Pleiotropic effects of ezetimibe/simvastatin vs. high dose simvastatin
International Journal of Cardiology, 07/16/2012
Clinical Article
Pesaro AEP et al. – These data suggest that among stable coronary artery disease (CAD) patients treated with S20, (1) both E10/S20 and S80 were equally effective in further reducing LDL–C; (2) neither treatment had any further significant anti–inflammatory effects; and (3) E10/S20 was more effective than S80 in inhibiting platelet aggregation. Thus, despite similar lipid lowering and doses 4× less of simvastatin, E10/S20 induced a greater platelet inhibitory effect than S80.

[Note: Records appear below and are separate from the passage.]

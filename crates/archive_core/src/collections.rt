//! The types that maps and sets are archived with.
pub mod util;
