//! Writing the nodes of search trees with the data of their entries.
ghost use Rattle.std.specs.Map.Iter.{deref_pair};

use archive_btree_writing::{NodeStep, write_inner_each, write_leaf_each};
use archive_forms_writing::{Archive, ArchiveWith, EntryStep};
use archive_shape::{Allocator, Error, Writer};

/// Writes nodes of borrowed keys and values, whose data is written by a step. The values are archived by `with`.
#[derive_where(Clone, Copy)]
pub(crate) struct NodeWriter<'s, A, C> {
    pub with: &'s A,
    pub step: &'s C,
}

impl<
    'a,
    's,
    K: Archive,
    V,
    A: ArchiveWith<V>,
    S: Writer + Allocator,
    C: EntryStep<K, V, A, S>,
    const E: usize,
> NodeStep<(&'a K, &'a V), S, E> for NodeWriter<'s, A, C> {
    type Key = K;

    type Value = V;

    type KeyResolver = K::Resolver;

    type ValueResolver = A::Resolver;

    ghost parts = { deref_pair };

    ghost key_shape = { K.Archived.shape };

    ghost value_shape = { A.Archived.shape };

    ghost keys = { K.spelling };

    ghost values = { λ nodes. A.spelling nodes.with.now };

    ghost takes = { λ nodes e. C.takes nodes.step.now nodes.with.now (deref_pair e) };

    fn write_leaf(&self, entries: &[(&'a K, &'a V)], serializer: &mut S) -> Result<usize, Error> {
        write_leaf_each::<K, V, A, S, C, E>(self.with, entries, serializer, self.step)
    }

    fn write_inner(
        &self,
        entries: &[(&'a K, &'a V)],
        lesser: &[Option<usize>],
        greater: Option<usize>,
        serializer: &mut S,
    ) -> Result<usize, Error> {
        write_inner_each::<K, V, A, S, C, E>(
            self.with, entries, lesser, greater, serializer, self.step,
        )
    }
}
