//! The archiving of the elements of a slice.
ghost use Rattle.std.specs.Prelude.{◌-◌, ◌^◌, ◌<◌};
ghost use Rattle.archive_forms_laws.specs.Serializing.{HasState, Serializes, SerializesBy};
ghost use Rattle.archive_forms_writing.specs.Elements.{elements_spelling};
ghost use Rattle.archive_forms_writing.specs.Calls.Resolving.{CanResolveSlice, ResolvesSlice};

use crate::{Archive, Serialize, serialize_element, serialize_slice_each};
use archive_forms_values::{ArchivedVec, VecResolver};
use archive_shape::{Allocator, Error, Place, Writer};
use std::marker::PhantomData;

/// Writes the elements of a slice, with their data, and returns the resolver of their vector.
pub fn serialize_from_slice<S: Writer + Allocator, T: Serialize<S>>(
    items: &[T],
    serializer: &mut S,
) -> Result<VecResolver, Error>
    requires room { S.failures serializer.old < 2 ^ 64 - 1 }
    requires state { HasState S.pos S.known serializer.old }
    ensures { Serializes (elements_spelling T.Archived.shape T.spelling) S.Writer items.now
        serializer.old serializer.new result }
{
    let pos = serialize_slice_each::<T, S, _>(
        items,
        serializer,
        |item: &T, s: &mut S| -> Result<(T::Resolver, PhantomData<T::Archived>), Error>
            requires room { S.failures s.old < 2 ^ 64 - 1 }
            requires state { HasState S.pos S.known s.old }
            ensures { SerializesBy (λ q. q.0) T.spelling S.Writer item.now s.old s.new result }
        { serialize_element(item, s) },
    )?;
    Ok(VecResolver { pos })
}

/// Writes the own bytes of the vector of a slice's elements. Their data and their own bytes were written before.
pub fn resolve_from_slice<T: Archive>(
    items: &[T],
    resolver: VecResolver,
    out: Place<'_, ArchivedVec<T::Archived>>,
) -> Result<(), Error>
    requires { CanResolveSlice T.Archived.shape T.spelling items.now resolver out }
    ensures { ResolvesSlice T.Archived.shape T.spelling items.now resolver out.entry out.exit result }
{
    let Place {
        out,
        start,
        pos,
        ..
    } = out;
    ArchivedVec::<T::Archived>::resolve_from_len(
        items.len(),
        resolver,
        Place::within(out, start, pos),
    )
}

Methods- CAD patients (n=83, 63±9years, 57% men) receiving S20, were randomly allocated to receive E10/S20 or S80, for 6weeks.
- Lipids, inflammatory markers (C–reactive protein, interleukin–6, monocyte chemoattractant protein–1, soluble CD40 ligand and oxidized LDL), and platelet aggregation (platelet function analyzer [PFA]–100) changes were determined.
- Baseline lipids, inflammatory markers and PFA–100 were similar between groups.
- After treatment, E10/S20 and S80 patients presented, respectively:
- Similar reduction in LDL–C (29±13% vs. 28±30%, p=0.46), apo–B (18±17% vs. 22±15%, p=0.22) and oxidized LDL (15±33% vs. 18±47%, p=0.30);
- No changes in inflammatory markers;
- And, a higher increase of the PFA–100 with E10/S20 than with S80 (27±43% vs. 8±33%, p=0.02).